TASK DETAILS -> Copy out exactly the lines below that run from the one holding "its call once." to the one holding "mod decoding;", keeping both of those lines and no others.

(Stored data)
=== Begin Enclosure ===

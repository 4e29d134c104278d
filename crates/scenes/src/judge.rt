//! Whether a reporter would refuse a call of a run.

ghost use Rattle.std.specs.Prelude.{◌≡◌, None};
ghost use Rattle.scenes.specs.Judged.{JudgesCall};

use command_line::fault::Fault;
use console_reporter::imp::{OutputLoadDecider, ReportCall};
use scene_fields::stored::PlacedOutput;
use scene_follower::reporter::fault_at_call;
use scene_reader::reader::CallSink;
use std::alloc::Global;

/// A sink that judges each call. The lines after a refused call are still read: a line that cannot be read is reported
/// first, wherever it is.
#[derive(Drop)]
pub(crate) struct Judge {
    pub(crate) decider: OutputLoadDecider,
    /// The fault of the first line whose call is refused.
    pub(crate) refused: Option<Fault<'static>>,
}

impl Judge {
    /// A judge before its first call.
    pub(crate) fn new(decider: OutputLoadDecider) -> Judge
        ensures decider { result.decider ≡ decider }
        ensures refused { result.refused ≡ None }
    {
        Judge {
            decider,
            refused: None,
        }
    }
}

impl CallSink for Judge {
    ghost takes = { λ old file. JudgesCall old };

    fn take<'a>(
        &mut self,
        _alloc: Global,
        _file: &'a str,
        number: u64,
        _stored: &[PlacedOutput],
        call: &mut ReportCall<'_>,
    ) -> Result<(), Fault<'a>> {
        if self.refused.is_none() {
            self.refused = self
                .decider
                .refusal(call)
                .map(|error| fault_at_call(number, error));
        }
        Ok(())
    }
}
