impl Trace {
    // The line of an event is taken, where a block begins.
    fn take_event(&mut self, alloc: Global, line: &Entry<'_>) -> Result<(), AllocError>
        requires begun { self.old.delivery ≡ None }
        requires here { self.old.here ≡ record { runs = Nobody; dones = Nobody; forgotten = Nobody } }
        requires event { lines.is_event (plain line.now) ≡ true }
        ensures taken { OnOk result ((v : View) (o : Option Undo) → Keeps v self.old → v.place ≡ self.old.place → has_shape v (plain line.now) ≡ true
            → IsUndo v o → Takes v o (plain line.now) self.new) }
        ensures numbers { OnOk result (SameNumbers self.old self.new) }
    {
        match line {
            Entry::Call {
                id,
                server,
                service,
                bytes,
            } => Ok(self.start(alloc, *id, *server, *service, bytes)?),
            Entry::Deliver { packet } => {
                let packet = self.packet(*packet);
                Ok(self.deliver_some(alloc, packet)?)
            }
            Entry::Recv { host, from, bytes } => {
                let packet = received(*host, *from, bytes, self.settings.wire);
                Ok(self.deliver_some(alloc, packet)?)
            }
            Entry::Clock { tick } => {
                self.tick = *tick;
                Ok(())
            }
            Entry::Restart { host, inc } => Ok(self.restart(alloc, *host, *inc)?),
            Entry::Shift { host, n } => Ok(self.shift(alloc, *host, *n)?),
            _ => Ok(()),
        }
    }

    // A line within a block is taken.
    fn take_inner(&mut self, alloc: Global, line: &Entry<'_>) -> Result<(), AllocError>
        requires { lines.is_event (plain line.now) ≡ false }
        ensures taken { OnOk result ((v : View) (o : Option Undo) → Ready v o self.old → IsOther (plain line.now) → has_shape v (plain line.now) ≡ true
            → runs_once v (plain line.now) ≡ true → Takes v o (plain line.now) self.new) }
        ensures numbers { OnOk result (SameNumbers self.old self.new) }
    {
        match line {
            Entry::Send {
                from,
                to,
                inc,
                role,
                id,
                body,
                payload,
                ..
            } => {
                let packet = Packet {
                    from: *from,
                    to: *to,
                    inc: *inc,
                    role: *role,
                    id: *id,
                    piece: Piece::of(body, payload.len() as u64),
                };
                Ok(self.send(alloc, packet, body)?)
            }
            Entry::Run {
                host,
                id,
                response,
                ..
            } => Ok(self.run(alloc, *host, *id, response)?),
            Entry::Done { id, .. } => Ok(self.done(alloc, *id)?),
            Entry::Fail { id, why } => Ok(self.fail(alloc, *id, *why)?),
            Entry::Drop { host, id } => Ok(self.give_up(alloc, *host, *id)?),
            Entry::Stale { .. } => Ok(self.forget(alloc)?),
            Entry::Gaps { host, id } => Ok(self.refuse(alloc, *host, *id)?),
            Entry::FullRows { host, id, .. } => Ok(self.refuse(alloc, *host, *id)?),
            Entry::FullPages { host, id, .. } => Ok(self.refuse(alloc, *host, *id)?),
            _ => Ok(()),
        }
    }

    // Where the call of the packet with this number stands, if it was sent.
    fn find_packet(&self, number: u64) -> Option<usize> {
        self.find(self.packet(number)?.id)
    }

    /// Notes where the call of a packet stands, whose sending or delivery a line tells: the next look-ups are of it.
    #[tactic(auto, using(crate::proofs::TakenLaws::looked_up))]
    pub fn look_up(&mut self, line: &Entry<'_>)
        ensures kept { (v : View) → Follows v self.old → Follows v self.new }
        ensures same { self.new ≡ record self.old { recent = self.new.recent } }
    {
        let found = match line {
            Entry::Send { id, .. } => self.find(*id),
            Entry::Deliver { packet } => self.find_packet(*packet),
            _ => None,
        };
        if let Some(at) = found {
            self.recent = at;
        }
    }

    /// The call whose messages are to be tested behind a line, if any.
    pub fn to_test(&self, line: &Entry<'_>) -> Option<CallId>
        ensures { result ≡ tested self.now.delivery (plain line.now) }
    {
        match line {
            Entry::Send { id, .. } => Some(*id),
            Entry::Deliver { .. }
            | Entry::Recv { .. }
            | Entry::Stale { .. }
            | Entry::Gaps { .. }
            | Entry::FullRows { .. }
            | Entry::FullPages { .. } => self.delivery.map(|delivery| delivery.packet.id),
            _ => None,
        }
    }

    /// The messages of a call, if there is one, are within their windows.
    pub fn is_within(&self, id: Option<CallId>) -> bool
        ensures { (v : View) → Keeps v self.now → result ≡ keeps_window v id }
    {
        match id {
            Some(id) => match self.call(id) {
                Some(call) => call
                    .spot_in(self.lives(id, call.server))
                    .is_within(self.settings.window),
                None => true,
            },
            None => true,
        }
    }

    // A line behind the first one is taken; how many lines there were stays.
    fn take_other(&mut self, alloc: Global, line: &Entry<'_>) -> Result<(), AllocError>
        ensures taken { OnOk result ((v : View) (o : Option Undo) → Ready v o self.old → v.place ≡ self.old.place → IsOther (plain line.now)
            → has_shape v (plain line.now) ≡ true → runs_once v (plain line.now) ≡ true → Takes v o (plain line.now) self.new) }
        ensures numbers { OnOk result (SameNumbers self.old self.new) }
    {
        if is_event(line) {
            self.begin();
            return self.take_event(alloc, line);
        }
        self.take_inner(alloc, line)
    }

    // A line is taken; how many lines there were stays.
    fn take_line(&mut self, alloc: Global, line: &Entry<'_>) -> Result<(), AllocError>
        ensures taken { OnOk result ((v : View) (o : Option Undo) → Ready v o self.old → v.place ≡ self.old.place → (v.place ≡ 0 → v ≡ nothing_seen)
            → has_shape v (plain line.now) ≡ true → runs_once v (plain line.now) ≡ true → Takes v o (plain line.now) self.new) }
        ensures numbers { OnOk result (SameNumbers self.old self.new) }
    {
        match line {
            Entry::Settings(settings) => {
                self.settings = *settings;
                Ok(())
            }
            _ => self.take_other(alloc, line),
        }
    }

    /// A line that has its shape is taken, and of `run` lines one that runs its call once.
    pub fn take(&mut self, alloc: Global, line: &Entry<'_>) -> Result<(), AllocError>
        ensures { OnOk result ((v : View) → Follows v self.old → v.place < 2 ^ 64 - 1 → has_shape v (plain line.now) ≡ true
            → runs_once v (plain line.now) ≡ true → IsTaken v self.old (plain line.now) self.new) }
    {
        self.take_line(alloc, line)?;
        self.place = self.place.saturating_add(1);
        self.ended = is_ended(self.ended, line);
        Ok(())
    }
}
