//! Acks, responses and read statuses of the HDFS data transfer protocol, version 28: each is the
//! length of a message as a varint, and the message.
#![tactic(auto)]

mod acks;
mod decoding;
mod encoding;
mod faults;
mod reading;
mod replies;
mod response_reading;
mod response_writing;
mod responses;
mod tallies;
mod texts;

pub use acks::Ack;
pub use decoding::{decode_ack, decode_read_status, decode_response};
pub use encoding::encode_ack;
pub use faults::{AckFault, ResponseFault};
pub use replies::{MAX_REPLIES, Replies};
pub use response_writing::encode_response;
pub use responses::Response;
pub use texts::{AckBytes, MAX_ACK_SIZE};
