//! Writing acks.

ghost use Rattle.std.specs.Prelude.{◌≡◌, ℕ, ◌+◌, ◌^◌, ◌<◌, ◌≤◌, List, ◌++◌, length, All, Ok};
ghost use Rattle.hd_base.specs.Wire.{IsStatus, status_number};
ghost use Rattle.ack_codec.specs.Acks.{SpellsAck, ack_at};
ghost use Rattle.ack_codec.specs.AckTexts.{zigzag, ack_message, ack_text};

use crate::acks::Ack;
use crate::texts::AckBytes;

/// Writes the ack in place of what `out` had: its fields in ascending number, each reply a field
/// of its own, and each varint in its least spelling. No reply may be an `Other` in place of a
/// status that is listed. It takes no memory.
pub fn encode_ack(ack: &Ack, out: &mut AckBytes)
    requires { All IsStatus ack.now.replies }
    ensures written { out.new ≡ ack_text ack.now }
    ensures spelled { SpellsAck ack.now out.new }
    ensures again { (rest : List ℕ) → ack_at (out.new ++ rest) ≡ Ok (ack.now, length out.new) }
{
    out.clear();
    out.push(0);
    put_message(ack, out);
    out.set_first((out.len() - 1) as u8);
}

/// Appends the message of an ack, which has at most 107 bytes.
fn put_message(ack: &Ack, out: &mut AckBytes)
    requires { length out.old ≤ 1 }
    ensures message { out.new ≡ out.old ++ ack_message ack.now }
    ensures few { length out.new ≤ length out.old + 107 }
    ensures count { length ack.now.replies ≤ 16 }
    ensures seqno { zigzag ack.now.seqno < 2 ^ 64 }
    ensures replies { All (λ s. status_number s < 2 ^ 32) ack.now.replies }
{
    out.push_field(1, zigzag_of(ack.seqno));
    for status in ack.replies.as_slice() {
        out.push_field(2, u64::from(status.number()));
    }
}

/// The zigzag number of a signed number: 0, -1, 1, -2 have 0, 1, 2, 3.
fn zigzag_of(number: i64) -> u64
    ensures { result ≡ zigzag number }
{
    if number < 0 {
        (-1 - number) as u64 * 2 + 1
    } else {
        number as u64 * 2
    }
}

=== End Enclosure ===

RESULT FOR THIS TASK ->
    /// A line that has its shape is taken, and of `run` lines one that runs its call once.
    pub fn take(&mut self, alloc: Global, line: &Entry<'_>) -> Result<(), AllocError>
        ensures { OnOk result ((v : View) → Follows v self.old → v.place < 2 ^ 64 - 1 → has_shape v (plain line.now) ≡ true
            → runs_once v (plain line.now) ≡ true → IsTaken v self.old (plain line.now) self.new) }
    {
        self.take_line(alloc, line)?;
        self.place = self.place.saturating_add(1);
        self.ended = is_ended(self.ended, line);
        Ok(())
    }
}
//! Acks, responses and read statuses of the HDFS data transfer protocol, version 28: each is the
//! length of a message as a varint, and the message.
#![tactic(auto)]

mod acks;
mod decoding;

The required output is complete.